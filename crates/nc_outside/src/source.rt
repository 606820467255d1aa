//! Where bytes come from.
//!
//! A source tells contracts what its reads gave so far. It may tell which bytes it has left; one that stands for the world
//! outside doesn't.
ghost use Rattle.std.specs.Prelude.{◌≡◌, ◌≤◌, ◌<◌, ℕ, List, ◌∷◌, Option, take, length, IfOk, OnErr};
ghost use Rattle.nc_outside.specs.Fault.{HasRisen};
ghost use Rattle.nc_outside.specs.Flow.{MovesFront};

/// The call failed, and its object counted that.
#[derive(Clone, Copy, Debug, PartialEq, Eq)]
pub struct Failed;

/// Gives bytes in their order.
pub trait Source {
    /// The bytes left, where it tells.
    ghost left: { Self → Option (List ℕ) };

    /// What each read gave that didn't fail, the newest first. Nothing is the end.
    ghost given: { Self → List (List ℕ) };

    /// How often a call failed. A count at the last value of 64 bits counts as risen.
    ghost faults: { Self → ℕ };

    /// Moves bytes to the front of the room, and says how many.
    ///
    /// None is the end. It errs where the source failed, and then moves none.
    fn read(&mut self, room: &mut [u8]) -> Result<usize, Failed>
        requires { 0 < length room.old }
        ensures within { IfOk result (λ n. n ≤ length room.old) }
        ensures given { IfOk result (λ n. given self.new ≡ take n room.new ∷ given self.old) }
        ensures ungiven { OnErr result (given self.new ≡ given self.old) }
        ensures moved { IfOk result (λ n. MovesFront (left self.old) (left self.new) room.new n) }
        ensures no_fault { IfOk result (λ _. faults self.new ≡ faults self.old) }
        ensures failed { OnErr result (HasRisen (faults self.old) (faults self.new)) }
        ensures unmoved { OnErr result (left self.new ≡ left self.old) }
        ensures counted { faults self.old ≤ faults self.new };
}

- - - - -

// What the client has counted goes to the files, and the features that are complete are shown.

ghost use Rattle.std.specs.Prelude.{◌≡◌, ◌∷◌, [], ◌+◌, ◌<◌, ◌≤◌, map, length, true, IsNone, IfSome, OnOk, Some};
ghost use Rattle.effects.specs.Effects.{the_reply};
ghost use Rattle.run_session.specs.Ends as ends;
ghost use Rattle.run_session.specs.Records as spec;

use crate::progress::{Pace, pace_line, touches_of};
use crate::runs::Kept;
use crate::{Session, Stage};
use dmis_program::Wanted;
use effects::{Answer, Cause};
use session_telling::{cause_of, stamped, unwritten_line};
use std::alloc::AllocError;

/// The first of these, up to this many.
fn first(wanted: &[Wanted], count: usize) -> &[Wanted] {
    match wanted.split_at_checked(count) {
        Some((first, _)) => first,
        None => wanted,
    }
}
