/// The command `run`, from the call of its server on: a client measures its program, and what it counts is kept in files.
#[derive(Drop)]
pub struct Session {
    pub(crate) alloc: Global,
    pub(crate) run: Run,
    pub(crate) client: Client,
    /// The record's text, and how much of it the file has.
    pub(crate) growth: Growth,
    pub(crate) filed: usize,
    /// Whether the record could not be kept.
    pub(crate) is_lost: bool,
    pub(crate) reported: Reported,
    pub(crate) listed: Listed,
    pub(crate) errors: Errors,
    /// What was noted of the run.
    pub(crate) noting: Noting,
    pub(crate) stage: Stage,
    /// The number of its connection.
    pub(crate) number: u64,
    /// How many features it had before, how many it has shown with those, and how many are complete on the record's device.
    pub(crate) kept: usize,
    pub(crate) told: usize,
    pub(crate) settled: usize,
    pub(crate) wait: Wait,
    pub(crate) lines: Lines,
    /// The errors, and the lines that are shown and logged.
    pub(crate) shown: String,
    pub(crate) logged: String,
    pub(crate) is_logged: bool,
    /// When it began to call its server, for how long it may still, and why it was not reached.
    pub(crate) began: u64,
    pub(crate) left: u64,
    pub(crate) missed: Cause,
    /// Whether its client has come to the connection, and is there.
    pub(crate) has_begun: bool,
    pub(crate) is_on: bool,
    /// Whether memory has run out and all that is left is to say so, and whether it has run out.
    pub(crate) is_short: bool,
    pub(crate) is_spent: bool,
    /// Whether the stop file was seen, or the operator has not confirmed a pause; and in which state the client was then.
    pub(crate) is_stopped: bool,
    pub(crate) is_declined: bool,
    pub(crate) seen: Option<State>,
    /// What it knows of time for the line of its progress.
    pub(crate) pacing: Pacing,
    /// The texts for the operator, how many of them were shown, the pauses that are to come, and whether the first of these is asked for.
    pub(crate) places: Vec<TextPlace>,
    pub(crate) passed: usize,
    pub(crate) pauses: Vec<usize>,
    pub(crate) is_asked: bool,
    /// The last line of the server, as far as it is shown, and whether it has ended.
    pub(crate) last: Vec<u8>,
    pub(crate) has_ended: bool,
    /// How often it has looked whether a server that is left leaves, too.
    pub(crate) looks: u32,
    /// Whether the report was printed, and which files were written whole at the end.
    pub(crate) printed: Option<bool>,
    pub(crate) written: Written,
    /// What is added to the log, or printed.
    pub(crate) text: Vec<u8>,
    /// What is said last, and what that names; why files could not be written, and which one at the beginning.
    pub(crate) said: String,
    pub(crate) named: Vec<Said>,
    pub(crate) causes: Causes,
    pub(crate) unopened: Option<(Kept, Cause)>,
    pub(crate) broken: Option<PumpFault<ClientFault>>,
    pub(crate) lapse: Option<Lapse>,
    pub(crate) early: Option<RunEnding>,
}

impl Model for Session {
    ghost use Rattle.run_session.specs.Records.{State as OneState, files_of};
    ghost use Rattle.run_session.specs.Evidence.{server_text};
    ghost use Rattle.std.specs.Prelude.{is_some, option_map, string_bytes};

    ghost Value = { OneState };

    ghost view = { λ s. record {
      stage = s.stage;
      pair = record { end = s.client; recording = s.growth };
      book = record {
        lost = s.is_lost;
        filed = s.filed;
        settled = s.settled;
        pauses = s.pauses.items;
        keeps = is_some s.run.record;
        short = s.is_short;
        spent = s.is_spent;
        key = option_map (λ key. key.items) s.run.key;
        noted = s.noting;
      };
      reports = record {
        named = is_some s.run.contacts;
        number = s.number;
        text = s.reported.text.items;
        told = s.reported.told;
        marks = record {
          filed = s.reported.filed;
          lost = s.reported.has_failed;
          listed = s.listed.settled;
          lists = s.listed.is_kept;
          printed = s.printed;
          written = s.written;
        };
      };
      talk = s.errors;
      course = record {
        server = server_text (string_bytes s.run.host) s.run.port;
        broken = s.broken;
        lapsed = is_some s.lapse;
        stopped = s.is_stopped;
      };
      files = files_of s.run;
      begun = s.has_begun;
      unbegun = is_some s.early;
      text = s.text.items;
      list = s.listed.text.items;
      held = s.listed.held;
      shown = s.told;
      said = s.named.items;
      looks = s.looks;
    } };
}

- - - - -

INSTRUCTIONS TO FOLLOW ->
Task for the records above: copy every line in which the word "items" occurs.

TASK RESULT ->
        pauses = s.pauses.items;
        key = option_map (λ key. key.items) s.run.key;
        text = s.reported.text.items;
      text = s.text.items;
      list = s.listed.text.items;
      said = s.named.items;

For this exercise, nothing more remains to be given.